EXERCISE OBJECTIVE
Starting at the first line of the data below, repeat each line word for word up to and including the line with "it begins with.".

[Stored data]
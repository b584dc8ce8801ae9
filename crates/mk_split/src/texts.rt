//! What of a message goes into its file.

ghost use Rattle.std.specs.Prelude.{◌≡◌};
ghost use Rattle.mk_split.specs.Splitting.{without_from_line};

use mk_line::{first_line, is_from_line};

/// A text without the From-line that it begins with.
pub(crate) fn after_from_line(text: &[u8]) -> &[u8]
    ensures { result.now ≡ without_from_line text.now }
{
    match first_line(text) {
        Some((line, rest)) if is_from_line(line.content) => rest,
        _ => text,
    }
}
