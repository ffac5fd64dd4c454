// The methods of texts: the calls of `PyText`, lifted to values.
ghost use Rattle.std.specs.Prelude.{◌≡◌, Ok, Err, IfOk};
ghost use Rattle.tx_base.specs.declared.class.Class.{Class};
ghost use Rattle.tx_text.specs.Text.{filled, first_place, last_place, replaced};
ghost use Rattle.tx_values.specs.declared.value.Value.TheVariants as value;
ghost use Rattle.tx_methods.specs.TextMethods.{find_of, index_of, made_text, place_or_minus_one, replace_of, strip_of, text_count_of, text_method, width_of, zfill_of};

use crate::arguments::{one_number, one_text, optional_text, two_texts};
use crate::builtins::natural;
use crate::case::{digit_test_of, lower_of, upper_of};
use crate::fits::fit_of;
use crate::joins::join_of;
use crate::limits::{MOST, made_text};
use crate::splits::split_of;
use std::alloc::Global;
use tx_base::Class;
use tx_text::{PyText, Side};
use tx_tree::Method;
use tx_values::{OpError, Value};

// `strip` and its kin.
fn strip_of(side: Side, text: &PyText, args: &[Value]) -> Result<Value, OpError>
    ensures value { IfOk result (λ v. strip_of side text.now args.now ≡ Ok v) }
    ensures raise { (c : Class) → result ≡ Err (OpError.Raise c) → strip_of side text.now args.now ≡ Err c }
{
    let those = optional_text(args)?;
    Ok(Value::Text(text.strip(side, those)?))
}

// A text with each occurrence of another replaced.
fn replaced(text: &PyText, old: &PyText, new: &PyText) -> Result<Value, OpError>
    ensures value { IfOk result (λ v. made_text (replaced old.now new.now text.now) ≡ Ok v) }
    ensures raise { (c : Class) → result ≡ Err (OpError.Raise c) → made_text (replaced old.now new.now text.now) ≡ Err c }
{
    made_text(text.replace(old, new, MOST))
}

// `replace`.
fn replace_of(text: &PyText, args: &[Value]) -> Result<Value, OpError>
    ensures value { IfOk result (λ v. replace_of text.now args.now ≡ Ok v) }
    ensures raise { (c : Class) → result ≡ Err (OpError.Raise c) → replace_of text.now args.now ≡ Err c }
{
    let (old, new) = two_texts(args)?;
    replaced(text, old, new)
}

// A place, or -1.
fn place_or_minus_one(place: Option<usize>) -> Value
    ensures { result ≡ value.Int (place_or_minus_one place) }
{
    match place {
        Some(place) => natural(place),
        None => Value::Int(-1),
    }
}

// `find`.
fn find_of(text: &PyText, args: &[Value]) -> Result<Value, OpError>
    ensures value { IfOk result (λ v. find_of first_place text.now args.now ≡ Ok v) }
    ensures raise { (c : Class) → result ≡ Err (OpError.Raise c) → find_of first_place text.now args.now ≡ Err c }
{
    Ok(place_or_minus_one(text.find(one_text(args)?)))
}

// `rfind`.
fn rfind_of(text: &PyText, args: &[Value]) -> Result<Value, OpError>
    ensures value { IfOk result (λ v. find_of last_place text.now args.now ≡ Ok v) }
    ensures raise { (c : Class) → result ≡ Err (OpError.Raise c) → find_of last_place text.now args.now ≡ Err c }
{
    Ok(place_or_minus_one(text.rfind(one_text(args)?)))
}

// `index`.
fn index_of(text: &PyText, args: &[Value]) -> Result<Value, OpError>
    ensures value { IfOk result (λ v. index_of text.now args.now ≡ Ok v) }
    ensures raise { (c : Class) → result ≡ Err (OpError.Raise c) → index_of text.now args.now ≡ Err c }
{
    match text.find(one_text(args)?) {
        Some(place) => Ok(natural(place)),
        None => Err(OpError::Raise(Class::ValueError)),
    }
}

// `count`.
fn text_count_of(text: &PyText, args: &[Value]) -> Result<Value, OpError>
    ensures value { IfOk result (λ v. text_count_of text.now args.now ≡ Ok v) }
    ensures raise { (c : Class) → result ≡ Err (OpError.Raise c) → text_count_of text.now args.now ≡ Err c }
{
    Ok(natural(text.count(one_text(args)?)))
}

// A width, where it has 64 signed bits; one below 0 is as 0.
fn width_of(n: i128) -> Result<usize, OpError>
    ensures value { IfOk result (λ width. width_of n ≡ Ok width) }
    ensures raise { (c : Class) → result ≡ Err (OpError.Raise c) → width_of n ≡ Err c }
{
    if n < i128::from(i64::MIN) || n > i128::from(i64::MAX) {
        return Err(OpError::Raise(Class::OverflowError));
    }
    Ok(n.max(0) as usize)
}

// A text with zeros in front up to a width.
fn filled(text: &PyText, width: usize) -> Result<Value, OpError>
    ensures value { IfOk result (λ v. made_text (filled width text.now) ≡ Ok v) }
    ensures raise { (c : Class) → result ≡ Err (OpError.Raise c) → made_text (filled width text.now) ≡ Err c }
{
    made_text(text.zfill(width, MOST))
}

// `zfill`.
fn zfill_of(text: &PyText, args: &[Value]) -> Result<Value, OpError>
    ensures value { IfOk result (λ v. zfill_of text.now args.now ≡ Ok v) }
    ensures raise { (c : Class) → result ≡ Err (OpError.Raise c) → zfill_of text.now args.now ≡ Err c }
{
    let n = one_number(args)?;
    let width = width_of(n)?;
    filled(text, width)
}

/// What a method of a text gives.
pub(crate) fn text_method(
    alloc: Global,
    m: Method,
    text: &PyText,
    args: &[Value],
) -> Result<Value, OpError>
    ensures value { IfOk result (λ v. text_method m text.now args.now ≡ Ok v) }
    ensures raise { (c : Class) → result ≡ Err (OpError.Raise c) → text_method m text.now args.now ≡ Err c }
{
    match m {
        Method::Lower => lower_of(text, args),
        Method::Upper => upper_of(text, args),
        Method::Strip => strip_of(Side::Both, text, args),
        Method::Lstrip => strip_of(Side::Left, text, args),
        Method::Rstrip => strip_of(Side::Right, text, args),
        Method::Split => split_of(alloc, text, args),
        Method::Replace => replace_of(text, args),
        Method::Find => find_of(text, args),
        Method::Rfind => rfind_of(text, args),
        Method::Index => index_of(text, args),
        Method::Count => text_count_of(text, args),
        Method::StartsWith => fit_of(false, text, args),
        Method::EndsWith => fit_of(true, text, args),
        Method::Join => join_of(alloc, text, args),
        Method::Zfill => zfill_of(text, args),
        Method::IsDigit => digit_test_of(text, args),
        Method::Get => Err(OpError::Raise(Class::AttributeError)),
    }
}
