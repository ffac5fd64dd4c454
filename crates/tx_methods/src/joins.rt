// `join`.
ghost use Rattle.std.specs.Prelude.{◌≡◌, Ok, Err, IfOk, map};
ghost use Rattle.tx_base.specs.declared.class.Class.{Class};
ghost use Rattle.tx_text.specs.Text.{joined};
ghost use Rattle.tx_methods.specs.Calls.{joined_weight, keys_of};
ghost use Rattle.tx_methods.specs.Walks.{character};
ghost use Rattle.tx_methods.specs.TextMethods.{join_items, join_of, join_value, made_text, texts_in};

use crate::arguments::{a_text, only};
use crate::limits::{MOST, made_text};
use crate::walks::{characters, keys_of};
use std::alloc::Global;
use tx_base::Class;
use tx_text::{PyText, Texts};
use tx_values::{OpError, Value};

// These items, which are texts.
fn texts_of(alloc: Global, items: &[Value]) -> Result<Texts, OpError>
    ensures value { IfOk result (λ texts. texts_in items.now ≡ Ok texts) }
    ensures raise { (c : Class) → result ≡ Err (OpError.Raise c) → texts_in items.now ≡ Err c }
{
    let mut texts = Texts::new(alloc);
    for item in items {
        let text = a_text(item)?;
        texts.push(text.slice(0, text.len())?)?;
    }
    Ok(texts)
}

// Texts with one between them, within the limits.
fn joined_within(sep: &PyText, texts: &Texts) -> Result<Value, OpError>
    ensures value { IfOk result (λ v. made_text (joined sep.now texts.now) ≡ Ok v) }
    ensures raise { (c : Class) → result ≡ Err (OpError.Raise c) → made_text (joined sep.now texts.now) ≡ Err c }
{
    made_text(sep.join(texts, MOST))
}

// The weight of these items, which are texts, with one of so many characters behind each, as far as the type goes.
fn joined_weight(each: usize, items: &[Value]) -> Result<usize, OpError>
    ensures value { IfOk result (λ n. joined_weight 0 each items.now ≡ Ok n) }
    ensures raise { (c : Class) → result ≡ Err (OpError.Raise c) → joined_weight 0 each items.now ≡ Err c }
{
    let mut sum: usize = 0;
    for item in items {
        let text = a_text(item)?;
        sum = sum.saturating_add(text.len()).saturating_add(each);
    }
    Ok(sum)
}

// The same of the keys of pairs.
fn joined_weight_of_keys(each: usize, pairs: &[(Value, Value)]) -> Result<usize, OpError>
    ensures value { IfOk result (λ n. joined_weight 0 each (keys_of pairs.now) ≡ Ok n) }
    ensures raise { (c : Class) → result ≡ Err (OpError.Raise c) → joined_weight 0 each (keys_of pairs.now) ≡ Err c }
{
    let mut sum: usize = 0;
    for pair in pairs {
        let text = a_text(&pair.0)?;
        sum = sum.saturating_add(text.len()).saturating_add(each);
    }
    Ok(sum)
}

// `join` of items that are at hand. What weighs too much is refused before a text is copied.
#[tactic(auto, using(crate::proofs::JoinWeights::weight_rules))]
fn join_items(alloc: Global, sep: &PyText, items: &[Value]) -> Result<Value, OpError>
    ensures value { IfOk result (λ v. join_items sep.now items.now ≡ Ok v) }
    ensures raise { (c : Class) → result ≡ Err (OpError.Raise c) → join_items sep.now items.now ≡ Err c }
{
    let each = sep.len();
    let heavy = joined_weight(each, items)?;
    if heavy > MOST.saturating_add(each) {
        return Err(OpError::Raise(Class::ProfileError));
    }
    let texts = texts_of(alloc, items)?;
    joined_within(sep, &texts)
}

// `join` of the characters of a text, likewise.
#[tactic(auto, using(crate::proofs::JoinWeights::weight_rules))]
fn join_characters(alloc: Global, sep: &PyText, text: &PyText) -> Result<Value, OpError>
    ensures value { IfOk result (λ v. join_items sep.now (map character text.now) ≡ Ok v) }
    ensures raise { (c : Class) → result ≡ Err (OpError.Raise c) → join_items sep.now (map character text.now) ≡ Err c }
{
    let each = sep.len();
    let step = each.saturating_add(1);
    let heavy = text.len().saturating_mul(step);
    if heavy > MOST.saturating_add(each) {
        return Err(OpError::Raise(Class::ProfileError));
    }
    let items = characters(alloc, text.as_str(), text.len())?;
    join_items(alloc, sep, items.as_slice())
}

// `join` of the keys of a dictionary, likewise.
#[tactic(auto, using(crate::proofs::JoinWeights::weight_rules))]
fn join_keys(alloc: Global, sep: &PyText, pairs: &[(Value, Value)]) -> Result<Value, OpError>
    ensures value { IfOk result (λ v. join_items sep.now (keys_of pairs.now) ≡ Ok v) }
    ensures raise { (c : Class) → result ≡ Err (OpError.Raise c) → join_items sep.now (keys_of pairs.now) ≡ Err c }
{
    let each = sep.len();
    let heavy = joined_weight_of_keys(each, pairs)?;
    if heavy > MOST.saturating_add(each) {
        return Err(OpError::Raise(Class::ProfileError));
    }
    let keys = keys_of(alloc, pairs)?;
    join_items(alloc, sep, keys.as_slice())
}

// `join` of a value's items.
fn join_value(alloc: Global, sep: &PyText, a: &Value) -> Result<Value, OpError>
    ensures value { IfOk result (λ v. join_value sep.now a.now ≡ Ok v) }
    ensures raise { (c : Class) → result ≡ Err (OpError.Raise c) → join_value sep.now a.now ≡ Err c }
{
    match a {
        Value::Text(text) => join_characters(alloc, sep, text),
        Value::Tuple(items) => join_items(alloc, sep, items.as_slice()),
        Value::List(items) => join_items(alloc, sep, items.as_slice()),
        Value::Dict(pairs) => join_keys(alloc, sep, pairs.as_slice()),
        _ => Err(OpError::Raise(Class::TypeError)),
    }
}

/// `join`.
pub(crate) fn join_of(alloc: Global, sep: &PyText, args: &[Value]) -> Result<Value, OpError>
    ensures value { IfOk result (λ v. join_of sep.now args.now ≡ Ok v) }
    ensures raise { (c : Class) → result ≡ Err (OpError.Raise c) → join_of sep.now args.now ≡ Err c }
{
    join_value(alloc, sep, only(args)?)
}
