// What arguments are taken as: how many they are, and of which kinds. What does not fit is TypeError.
ghost use Rattle.std.specs.Prelude.{◌≡◌, Ok, Err, IfOk, option_copied};
ghost use Rattle.tx_base.specs.declared.class.Class.{Class};
ghost use Rattle.tx_methods.specs.Arguments.{a_number, a_text, both, one_number, one_or_two, one_text, only, optional_text, two_texts};

use tx_base::Class;
use tx_text::PyText;
use tx_values::{OpError, Value};

/// The one argument.
pub(crate) fn only(args: &[Value]) -> Result<&Value, OpError>
    ensures value { IfOk result (λ a. only args.now ≡ Ok a.now) }
    ensures raise { (c : Class) → result ≡ Err (OpError.Raise c) → only args.now ≡ Err c }
{
    match args {
        [a] => Ok(a),
        _ => Err(OpError::Raise(Class::TypeError)),
    }
}

/// The two arguments.
pub(crate) fn both(args: &[Value]) -> Result<(&Value, &Value), OpError>
    ensures value { IfOk result (λ p. both args.now ≡ Ok (p.0.now, p.1.now)) }
    ensures raise { (c : Class) → result ≡ Err (OpError.Raise c) → both args.now ≡ Err c }
{
    match args {
        [a, b] => Ok((a, b)),
        _ => Err(OpError::Raise(Class::TypeError)),
    }
}

/// The one argument, and a second one where it stands there.
pub(crate) fn one_or_two(args: &[Value]) -> Result<(&Value, Option<&Value>), OpError>
    ensures value { IfOk result (λ p. one_or_two args.now ≡ Ok (p.0.now, option_copied p.1)) }
    ensures raise { (c : Class) → result ≡ Err (OpError.Raise c) → one_or_two args.now ≡ Err c }
{
    match args {
        [a] => Ok((a, None)),
        [a, b] => Ok((a, Some(b))),
        _ => Err(OpError::Raise(Class::TypeError)),
    }
}

/// The integer that a number is; a truth value is 0 or 1.
pub(crate) fn a_number(a: &Value) -> Result<i128, OpError>
    ensures value { IfOk result (λ n. a_number a.now ≡ Ok n) }
    ensures raise { (c : Class) → result ≡ Err (OpError.Raise c) → a_number a.now ≡ Err c }
{
    match a {
        Value::Truth(b) => Ok(i128::from(*b)),
        Value::Int(n) => Ok(*n),
        _ => Err(OpError::Raise(Class::TypeError)),
    }
}

/// A text.
pub(crate) fn a_text(a: &Value) -> Result<&PyText, OpError>
    ensures value { IfOk result (λ t. a_text a.now ≡ Ok t.now) }
    ensures raise { (c : Class) → result ≡ Err (OpError.Raise c) → a_text a.now ≡ Err c }
{
    match a {
        Value::Text(text) => Ok(text),
        _ => Err(OpError::Raise(Class::TypeError)),
    }
}

/// The one argument, a number.
pub(crate) fn one_number(args: &[Value]) -> Result<i128, OpError>
    ensures value { IfOk result (λ n. one_number args.now ≡ Ok n) }
    ensures raise { (c : Class) → result ≡ Err (OpError.Raise c) → one_number args.now ≡ Err c }
{
    a_number(only(args)?)
}

/// The one argument, a text.
pub(crate) fn one_text(args: &[Value]) -> Result<&PyText, OpError>
    ensures value { IfOk result (λ t. one_text args.now ≡ Ok t.now) }
    ensures raise { (c : Class) → result ≡ Err (OpError.Raise c) → one_text args.now ≡ Err c }
{
    a_text(only(args)?)
}

/// The two arguments, both texts.
pub(crate) fn two_texts(args: &[Value]) -> Result<(&PyText, &PyText), OpError>
    ensures value { IfOk result (λ p. two_texts args.now ≡ Ok (p.0.now, p.1.now)) }
    ensures raise { (c : Class) → result ≡ Err (OpError.Raise c) → two_texts args.now ≡ Err c }
{
    let (a, b) = both(args)?;
    let first = a_text(a)?;
    let second = a_text(b)?;
    Ok((first, second))
}

/// The one argument, a text, or none; None stands for no argument.
pub(crate) fn optional_text(args: &[Value]) -> Result<Option<&PyText>, OpError>
    ensures value { IfOk result (λ o. optional_text args.now ≡ Ok (option_copied o)) }
    ensures raise { (c : Class) → result ≡ Err (OpError.Raise c) → optional_text args.now ≡ Err c }
{
    match args {
        [] => Ok(None),
        [Value::Nil] => Ok(None),
        [Value::Text(text)] => Ok(Some(text)),
        _ => Err(OpError::Raise(Class::TypeError)),
    }
}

TASK ANSWER
repository b584dc8ce8801ae9
filename crates/mk_split/src/texts.rt
//! What of a message goes into its file.

ghost use Rattle.std.specs.Prelude.{◌≡◌};
ghost use Rattle.mk_split.specs.Splitting.{without_from_line};

use mk_line::{first_line, is_from_line};

/// A text without the From-line that it begins with.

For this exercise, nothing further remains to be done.